Were you in bands before DFA?

Oh God yes. I’ve been in bands my whole life. I’ve been in bands since 82. I’ve been in new wave bands when new wave was a new wave. I was in hardcore bands and punk bands and indie-rock bands, and it drove me crazy. My first bands were really simple three-piece new wave bands, and then I started working on four-track. I kept trying to have bands, and they never really worked out. And then I became a drummer because I was sick of being a guitar player. I became a drummer, and it seemed more reasonable and respectable to be a drummer. It’s like being a rock plumber. I made it for me so I didn’t have to negotiate, and I was suddenly really pleased. I was like, “Hey, I don’t have to make anyone feel good or feel bad or play it again because they’re not playing it right.” I just played it the way I wanted, and I didn’t have to worry about it. And that made me really happy. So it’s from years of trying to negotiate in bands that I’ve found this way of doing things.

I wanted to ask you about the way you depict New York in the record’s lyrics. It’s really interesting, like on “North American Scum” even more than on “New York I Love You,” the couple of spare lines where you have this conflicted idea of New York as this vast money pit but also as this weird little American oasis where people aren’t…

Which I don’t think is so weird. I don’t think that’s that weird; it’s just the place where that’s the power. In other words, I think it’s a really diverse, weird country filled with lots of weird people, but New York’s the place where weird people have some actual power. And that’s why I love it. It’s the place where you can piss and moan, but you’re never going to hear “love it or leave it” here because being patriotic doesn’t mean being retarded. It’s just an irrelevance. I love New York. I super love New York. It is expensive and it is retarded and filled with assholes, and so’s everywhere else. I just wouldn’t live anyplace else. I don’t see the need to make New York seem like it doesn’t have things which make me want to shoot myself in the fucking face as a way of explaining that I love it. I don’t see the point. I love it. It’s my home.

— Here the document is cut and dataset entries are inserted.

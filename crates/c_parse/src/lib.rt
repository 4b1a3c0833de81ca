//! Files of C, read from tokens: declarations, statements and functions (ISO C 6.7 to 6.9).
//!
//! `parse` answers the one tree that a list of tokens is, or the token at which it stops being one;
//! tokens are numbered from 0, and the end counts as one. `specs/Answer.antt` says so over the
//! trees of `c_tree`, with no parser in it; `tree_is_one` is the law that there is no second tree,
//! and `answer_is_one` the one that no other answer is right.
//! Each function that reads answers as its namesake in `specs/Reading*.antt` does, unless memory
//! runs out, and `proofs/` shows that those answers are exact; `depth` is the number of levels that
//! are left. Levels are a block, an `if` with all its `else if` parts, a loop, and those of
//! expressions. Parts of blocks, `else if` parts and lists are read by loops.
#![tactic(auto)]

mod branch;
mod fault;
mod file;
mod front;
mod head;
mod law;
mod levels;
mod parameters;
mod parser;
mod simple;
mod sizes;
mod statements;
mod variables;

pub use fault::ParseFault;
pub use law::{answer_is_one, tree_is_one};
pub use parser::parse;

Have you always lived here?

I’ve lived here since the 80s, since 89, so since I was a teenager. So no, I grew up in New Jersey, in the suburbs, a really shitty suburb about an hour south of New York. So no, I didn’t, so I can appreciate it. It wasn’t everything I wanted it to be, of course, but it’s still better than everything else. What I wanted was this really juvenile suburban ideal of New York, and what I got was a really complicated, very non-suburban New York, a very real New York. And I fell in love with it.

You talk about the city a lot more on this record than you do on the last one.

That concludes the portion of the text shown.